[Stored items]

+--

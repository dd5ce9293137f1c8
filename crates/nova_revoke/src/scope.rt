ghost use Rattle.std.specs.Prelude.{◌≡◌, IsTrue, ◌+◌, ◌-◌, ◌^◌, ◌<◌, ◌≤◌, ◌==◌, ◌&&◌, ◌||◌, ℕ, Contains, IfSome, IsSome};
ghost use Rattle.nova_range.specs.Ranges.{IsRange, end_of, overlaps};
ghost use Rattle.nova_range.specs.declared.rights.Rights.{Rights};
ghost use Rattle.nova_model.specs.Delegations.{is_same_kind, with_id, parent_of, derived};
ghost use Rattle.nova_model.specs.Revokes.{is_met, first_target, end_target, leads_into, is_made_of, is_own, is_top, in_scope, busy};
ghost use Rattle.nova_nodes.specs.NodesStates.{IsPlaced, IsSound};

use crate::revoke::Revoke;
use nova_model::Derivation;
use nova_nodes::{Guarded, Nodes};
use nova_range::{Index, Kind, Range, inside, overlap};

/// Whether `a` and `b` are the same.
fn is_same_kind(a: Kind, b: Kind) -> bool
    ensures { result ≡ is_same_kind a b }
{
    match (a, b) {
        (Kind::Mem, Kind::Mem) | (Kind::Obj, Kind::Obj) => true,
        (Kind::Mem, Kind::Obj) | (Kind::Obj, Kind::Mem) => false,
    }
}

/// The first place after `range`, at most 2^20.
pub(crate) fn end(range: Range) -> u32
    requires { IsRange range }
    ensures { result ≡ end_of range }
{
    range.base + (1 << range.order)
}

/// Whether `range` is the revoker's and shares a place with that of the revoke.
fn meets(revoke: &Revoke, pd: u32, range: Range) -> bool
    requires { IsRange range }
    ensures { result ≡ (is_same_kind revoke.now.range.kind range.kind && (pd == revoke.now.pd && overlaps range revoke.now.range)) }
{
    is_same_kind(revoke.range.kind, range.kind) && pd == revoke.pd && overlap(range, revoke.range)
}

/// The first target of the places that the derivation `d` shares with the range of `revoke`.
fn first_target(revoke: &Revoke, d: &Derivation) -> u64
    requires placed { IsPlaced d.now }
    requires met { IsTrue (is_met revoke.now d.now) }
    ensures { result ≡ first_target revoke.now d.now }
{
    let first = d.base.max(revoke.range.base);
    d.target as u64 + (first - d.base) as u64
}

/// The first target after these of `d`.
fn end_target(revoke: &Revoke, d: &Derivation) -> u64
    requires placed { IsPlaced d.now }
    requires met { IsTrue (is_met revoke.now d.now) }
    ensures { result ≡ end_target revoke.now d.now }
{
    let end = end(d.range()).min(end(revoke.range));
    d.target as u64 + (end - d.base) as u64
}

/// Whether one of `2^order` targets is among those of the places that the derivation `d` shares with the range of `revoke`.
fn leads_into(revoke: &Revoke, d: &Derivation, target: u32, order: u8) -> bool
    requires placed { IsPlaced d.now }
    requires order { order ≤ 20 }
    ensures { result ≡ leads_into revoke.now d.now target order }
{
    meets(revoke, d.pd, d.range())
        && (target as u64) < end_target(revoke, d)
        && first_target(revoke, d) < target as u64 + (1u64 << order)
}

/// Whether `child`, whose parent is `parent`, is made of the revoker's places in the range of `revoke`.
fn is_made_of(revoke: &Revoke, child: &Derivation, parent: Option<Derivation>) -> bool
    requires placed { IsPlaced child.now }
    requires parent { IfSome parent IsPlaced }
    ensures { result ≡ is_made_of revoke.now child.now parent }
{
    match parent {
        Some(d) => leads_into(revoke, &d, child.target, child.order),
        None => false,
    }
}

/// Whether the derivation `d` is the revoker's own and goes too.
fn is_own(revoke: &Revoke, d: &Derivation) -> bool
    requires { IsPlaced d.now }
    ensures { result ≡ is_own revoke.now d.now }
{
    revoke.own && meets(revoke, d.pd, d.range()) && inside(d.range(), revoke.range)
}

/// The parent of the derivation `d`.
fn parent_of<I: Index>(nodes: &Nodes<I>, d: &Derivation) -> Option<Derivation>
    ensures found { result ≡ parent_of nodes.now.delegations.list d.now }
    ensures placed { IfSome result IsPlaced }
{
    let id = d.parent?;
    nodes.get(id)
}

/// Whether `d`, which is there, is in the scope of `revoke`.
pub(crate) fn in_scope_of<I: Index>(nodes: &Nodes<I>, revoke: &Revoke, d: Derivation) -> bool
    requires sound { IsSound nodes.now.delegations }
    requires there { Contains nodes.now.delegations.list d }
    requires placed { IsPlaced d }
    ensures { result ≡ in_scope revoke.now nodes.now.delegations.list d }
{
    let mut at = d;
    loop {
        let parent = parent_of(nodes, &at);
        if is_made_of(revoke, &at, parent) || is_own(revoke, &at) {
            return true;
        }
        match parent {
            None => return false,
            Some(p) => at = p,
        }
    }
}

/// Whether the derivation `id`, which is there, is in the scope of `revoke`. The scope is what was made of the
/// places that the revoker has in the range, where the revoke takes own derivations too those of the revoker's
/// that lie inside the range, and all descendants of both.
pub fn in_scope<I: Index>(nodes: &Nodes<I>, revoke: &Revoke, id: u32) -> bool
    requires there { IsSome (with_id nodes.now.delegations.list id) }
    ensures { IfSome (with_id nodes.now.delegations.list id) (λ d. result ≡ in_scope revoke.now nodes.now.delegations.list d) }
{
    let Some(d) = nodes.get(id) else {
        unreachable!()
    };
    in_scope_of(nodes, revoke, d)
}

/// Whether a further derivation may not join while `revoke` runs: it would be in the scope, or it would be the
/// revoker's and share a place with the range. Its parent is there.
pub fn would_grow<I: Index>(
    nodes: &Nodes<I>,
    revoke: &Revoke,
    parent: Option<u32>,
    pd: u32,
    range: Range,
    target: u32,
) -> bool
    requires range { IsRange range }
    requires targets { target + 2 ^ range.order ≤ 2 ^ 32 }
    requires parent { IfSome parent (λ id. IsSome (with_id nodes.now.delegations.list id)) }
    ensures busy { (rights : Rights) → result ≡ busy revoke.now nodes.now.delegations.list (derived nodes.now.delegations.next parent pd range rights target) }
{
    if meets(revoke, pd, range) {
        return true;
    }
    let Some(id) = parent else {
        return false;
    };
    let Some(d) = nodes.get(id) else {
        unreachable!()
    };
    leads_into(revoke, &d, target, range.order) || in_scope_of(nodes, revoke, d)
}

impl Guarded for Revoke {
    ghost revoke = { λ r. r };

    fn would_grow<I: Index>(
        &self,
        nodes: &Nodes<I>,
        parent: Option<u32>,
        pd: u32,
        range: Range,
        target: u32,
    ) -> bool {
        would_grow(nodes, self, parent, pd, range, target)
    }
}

+--

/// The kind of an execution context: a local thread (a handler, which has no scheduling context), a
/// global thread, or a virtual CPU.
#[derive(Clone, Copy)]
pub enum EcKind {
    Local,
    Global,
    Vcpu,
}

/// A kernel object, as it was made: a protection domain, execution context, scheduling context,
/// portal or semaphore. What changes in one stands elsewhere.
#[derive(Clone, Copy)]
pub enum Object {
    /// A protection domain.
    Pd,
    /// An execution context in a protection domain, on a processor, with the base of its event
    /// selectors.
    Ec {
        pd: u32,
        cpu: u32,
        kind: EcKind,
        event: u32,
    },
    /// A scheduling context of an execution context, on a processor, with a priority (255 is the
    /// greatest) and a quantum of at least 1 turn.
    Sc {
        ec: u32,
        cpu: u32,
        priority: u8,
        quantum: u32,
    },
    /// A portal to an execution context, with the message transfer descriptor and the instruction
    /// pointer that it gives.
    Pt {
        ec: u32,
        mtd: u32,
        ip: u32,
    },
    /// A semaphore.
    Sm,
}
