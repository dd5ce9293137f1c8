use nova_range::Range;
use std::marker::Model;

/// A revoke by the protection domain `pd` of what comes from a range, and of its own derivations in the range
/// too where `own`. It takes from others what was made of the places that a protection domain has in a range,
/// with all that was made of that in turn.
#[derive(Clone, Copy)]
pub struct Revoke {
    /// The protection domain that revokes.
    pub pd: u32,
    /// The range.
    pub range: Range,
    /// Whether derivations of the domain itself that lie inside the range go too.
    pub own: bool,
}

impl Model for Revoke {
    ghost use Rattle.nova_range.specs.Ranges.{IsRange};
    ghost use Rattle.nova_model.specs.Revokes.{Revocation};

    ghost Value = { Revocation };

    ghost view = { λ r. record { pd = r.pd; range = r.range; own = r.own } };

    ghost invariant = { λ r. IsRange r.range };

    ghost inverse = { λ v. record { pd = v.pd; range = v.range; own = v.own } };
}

+--

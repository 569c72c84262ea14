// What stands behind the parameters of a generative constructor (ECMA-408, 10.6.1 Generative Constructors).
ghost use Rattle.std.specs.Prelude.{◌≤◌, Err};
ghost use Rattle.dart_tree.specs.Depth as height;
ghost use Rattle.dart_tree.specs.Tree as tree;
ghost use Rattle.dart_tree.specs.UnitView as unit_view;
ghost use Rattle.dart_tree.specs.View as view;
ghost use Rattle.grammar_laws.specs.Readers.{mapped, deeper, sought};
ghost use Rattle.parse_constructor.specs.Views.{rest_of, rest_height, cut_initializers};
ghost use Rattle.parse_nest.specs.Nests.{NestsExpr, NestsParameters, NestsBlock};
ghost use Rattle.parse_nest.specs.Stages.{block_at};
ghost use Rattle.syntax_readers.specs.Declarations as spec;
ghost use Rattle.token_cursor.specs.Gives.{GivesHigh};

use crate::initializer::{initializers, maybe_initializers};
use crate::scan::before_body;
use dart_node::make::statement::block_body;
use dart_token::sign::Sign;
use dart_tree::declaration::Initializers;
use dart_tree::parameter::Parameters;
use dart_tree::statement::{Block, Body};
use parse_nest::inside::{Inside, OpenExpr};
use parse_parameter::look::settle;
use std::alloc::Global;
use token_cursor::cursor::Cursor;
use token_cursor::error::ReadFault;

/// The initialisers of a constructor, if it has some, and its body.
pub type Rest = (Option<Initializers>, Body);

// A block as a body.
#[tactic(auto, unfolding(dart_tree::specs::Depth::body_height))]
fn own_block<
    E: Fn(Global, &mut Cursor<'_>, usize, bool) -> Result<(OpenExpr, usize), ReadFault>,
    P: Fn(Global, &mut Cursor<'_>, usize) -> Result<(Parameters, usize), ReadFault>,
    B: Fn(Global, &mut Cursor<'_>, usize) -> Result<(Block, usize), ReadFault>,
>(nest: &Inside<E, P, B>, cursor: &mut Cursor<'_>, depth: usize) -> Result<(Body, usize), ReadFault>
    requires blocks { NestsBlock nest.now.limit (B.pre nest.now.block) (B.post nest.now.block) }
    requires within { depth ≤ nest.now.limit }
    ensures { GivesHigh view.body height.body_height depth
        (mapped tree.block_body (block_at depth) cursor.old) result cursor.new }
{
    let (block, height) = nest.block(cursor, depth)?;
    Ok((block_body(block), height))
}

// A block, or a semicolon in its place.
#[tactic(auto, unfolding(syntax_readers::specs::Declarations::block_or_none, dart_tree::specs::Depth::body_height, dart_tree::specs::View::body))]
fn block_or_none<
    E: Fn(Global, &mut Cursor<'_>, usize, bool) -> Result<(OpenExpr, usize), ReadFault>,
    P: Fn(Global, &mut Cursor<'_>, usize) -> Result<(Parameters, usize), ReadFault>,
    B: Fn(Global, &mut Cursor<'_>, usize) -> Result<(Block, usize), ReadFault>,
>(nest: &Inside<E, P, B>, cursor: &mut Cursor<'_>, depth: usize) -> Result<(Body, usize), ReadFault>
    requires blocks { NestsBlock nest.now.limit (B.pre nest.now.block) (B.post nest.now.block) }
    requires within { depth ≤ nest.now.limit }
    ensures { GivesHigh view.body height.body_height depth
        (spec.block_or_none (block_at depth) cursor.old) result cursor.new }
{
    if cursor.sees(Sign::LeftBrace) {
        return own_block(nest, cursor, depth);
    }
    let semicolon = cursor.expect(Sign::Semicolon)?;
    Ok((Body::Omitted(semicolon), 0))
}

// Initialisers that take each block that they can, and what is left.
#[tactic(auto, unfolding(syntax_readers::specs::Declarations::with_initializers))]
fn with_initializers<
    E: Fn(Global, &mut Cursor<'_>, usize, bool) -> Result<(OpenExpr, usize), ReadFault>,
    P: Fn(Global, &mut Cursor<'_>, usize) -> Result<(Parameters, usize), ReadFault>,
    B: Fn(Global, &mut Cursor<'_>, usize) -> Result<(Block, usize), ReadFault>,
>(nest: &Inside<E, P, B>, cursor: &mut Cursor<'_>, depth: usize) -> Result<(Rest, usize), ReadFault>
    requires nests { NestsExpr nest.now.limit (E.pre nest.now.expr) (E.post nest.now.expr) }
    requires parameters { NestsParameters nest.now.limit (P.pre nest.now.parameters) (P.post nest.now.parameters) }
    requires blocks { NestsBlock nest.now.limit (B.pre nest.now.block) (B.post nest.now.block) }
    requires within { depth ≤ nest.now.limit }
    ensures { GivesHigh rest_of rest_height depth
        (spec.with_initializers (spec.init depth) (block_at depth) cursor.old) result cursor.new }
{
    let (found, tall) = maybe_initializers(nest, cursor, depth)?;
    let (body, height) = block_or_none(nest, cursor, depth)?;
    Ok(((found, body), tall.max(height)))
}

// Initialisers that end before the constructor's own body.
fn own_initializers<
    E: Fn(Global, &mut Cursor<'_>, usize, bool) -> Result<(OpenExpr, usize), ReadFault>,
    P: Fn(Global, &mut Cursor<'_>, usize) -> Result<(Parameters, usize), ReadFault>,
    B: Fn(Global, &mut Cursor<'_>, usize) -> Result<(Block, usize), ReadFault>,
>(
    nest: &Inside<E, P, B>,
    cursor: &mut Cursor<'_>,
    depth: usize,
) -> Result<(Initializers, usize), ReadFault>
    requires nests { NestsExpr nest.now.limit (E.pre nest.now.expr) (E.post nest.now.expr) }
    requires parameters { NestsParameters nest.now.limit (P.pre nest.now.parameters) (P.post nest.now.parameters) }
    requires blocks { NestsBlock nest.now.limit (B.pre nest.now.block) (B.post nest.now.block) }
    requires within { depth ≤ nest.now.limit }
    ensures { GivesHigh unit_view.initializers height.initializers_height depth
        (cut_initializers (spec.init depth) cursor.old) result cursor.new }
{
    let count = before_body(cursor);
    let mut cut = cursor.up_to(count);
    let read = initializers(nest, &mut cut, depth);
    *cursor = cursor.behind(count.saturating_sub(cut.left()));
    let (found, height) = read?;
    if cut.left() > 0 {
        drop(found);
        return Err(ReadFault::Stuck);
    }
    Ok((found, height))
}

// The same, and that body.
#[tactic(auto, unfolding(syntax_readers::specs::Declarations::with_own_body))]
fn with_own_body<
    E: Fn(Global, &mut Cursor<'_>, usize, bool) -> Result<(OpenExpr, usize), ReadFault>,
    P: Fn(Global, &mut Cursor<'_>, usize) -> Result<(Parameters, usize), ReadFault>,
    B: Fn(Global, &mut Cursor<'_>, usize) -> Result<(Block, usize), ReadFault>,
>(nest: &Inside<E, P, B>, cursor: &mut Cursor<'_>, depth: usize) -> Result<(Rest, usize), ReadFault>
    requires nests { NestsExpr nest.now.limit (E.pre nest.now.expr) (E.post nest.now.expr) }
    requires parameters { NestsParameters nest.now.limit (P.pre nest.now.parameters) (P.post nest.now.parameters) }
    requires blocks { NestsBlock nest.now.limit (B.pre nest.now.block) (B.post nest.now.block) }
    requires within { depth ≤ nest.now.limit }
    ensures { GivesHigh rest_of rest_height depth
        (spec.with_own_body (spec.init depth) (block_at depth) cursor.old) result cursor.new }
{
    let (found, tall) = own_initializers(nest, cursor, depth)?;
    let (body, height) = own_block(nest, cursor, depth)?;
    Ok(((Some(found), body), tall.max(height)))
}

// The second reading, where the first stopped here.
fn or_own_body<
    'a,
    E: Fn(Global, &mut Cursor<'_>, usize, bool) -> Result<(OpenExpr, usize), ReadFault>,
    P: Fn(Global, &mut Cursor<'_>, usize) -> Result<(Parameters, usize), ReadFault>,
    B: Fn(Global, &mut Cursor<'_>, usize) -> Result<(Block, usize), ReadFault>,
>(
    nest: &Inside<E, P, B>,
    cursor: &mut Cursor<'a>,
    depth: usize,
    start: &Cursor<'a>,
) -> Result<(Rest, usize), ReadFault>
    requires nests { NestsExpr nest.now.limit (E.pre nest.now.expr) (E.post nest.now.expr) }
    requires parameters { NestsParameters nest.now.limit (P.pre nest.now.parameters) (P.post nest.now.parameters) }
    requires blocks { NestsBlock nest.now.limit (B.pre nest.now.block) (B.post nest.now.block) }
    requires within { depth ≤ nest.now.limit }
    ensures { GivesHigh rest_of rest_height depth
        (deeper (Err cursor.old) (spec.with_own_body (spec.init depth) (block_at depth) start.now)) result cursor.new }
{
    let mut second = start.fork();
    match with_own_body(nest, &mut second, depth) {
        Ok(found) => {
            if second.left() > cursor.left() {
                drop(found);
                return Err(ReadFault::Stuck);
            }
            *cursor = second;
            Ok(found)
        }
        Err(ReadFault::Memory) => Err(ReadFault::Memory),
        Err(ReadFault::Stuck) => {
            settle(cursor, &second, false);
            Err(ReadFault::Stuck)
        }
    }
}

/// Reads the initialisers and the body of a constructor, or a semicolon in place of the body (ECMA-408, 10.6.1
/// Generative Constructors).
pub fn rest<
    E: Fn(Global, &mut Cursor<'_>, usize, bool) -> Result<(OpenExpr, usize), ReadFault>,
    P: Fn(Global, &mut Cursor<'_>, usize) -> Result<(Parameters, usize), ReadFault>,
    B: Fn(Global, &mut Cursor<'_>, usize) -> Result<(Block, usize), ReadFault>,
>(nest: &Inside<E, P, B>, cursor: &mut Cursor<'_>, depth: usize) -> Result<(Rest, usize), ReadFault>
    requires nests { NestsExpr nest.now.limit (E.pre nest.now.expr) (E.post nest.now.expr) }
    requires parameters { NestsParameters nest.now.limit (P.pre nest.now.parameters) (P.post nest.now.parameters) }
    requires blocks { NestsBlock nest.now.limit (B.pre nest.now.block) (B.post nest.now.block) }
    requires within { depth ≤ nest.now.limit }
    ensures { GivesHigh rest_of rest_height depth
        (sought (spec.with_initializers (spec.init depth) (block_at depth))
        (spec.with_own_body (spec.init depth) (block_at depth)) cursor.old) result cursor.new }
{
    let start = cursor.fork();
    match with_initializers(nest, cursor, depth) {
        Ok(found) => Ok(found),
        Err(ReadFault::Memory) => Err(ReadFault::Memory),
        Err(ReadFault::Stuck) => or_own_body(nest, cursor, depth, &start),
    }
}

+--

__WORK INSTRUCTION__. From the records above, print only the lines between the one holding "and the instruction" and the one holding "derivations in the range", inclusive, exactly as they stand.

__EXERCISE SOLUTION__.
    /// A portal to an execution context, with the message transfer descriptor and the instruction
    /// pointer that it gives.
    Pt {
        ec: u32,
        mtd: u32,
        ip: u32,
    },
    /// A semaphore.
    Sm,
}
repository dd5ce9293137f1c8
use nova_range::Range;
use std::marker::Model;

/// A revoke by the protection domain `pd` of what comes from a range, and of its own derivations in the range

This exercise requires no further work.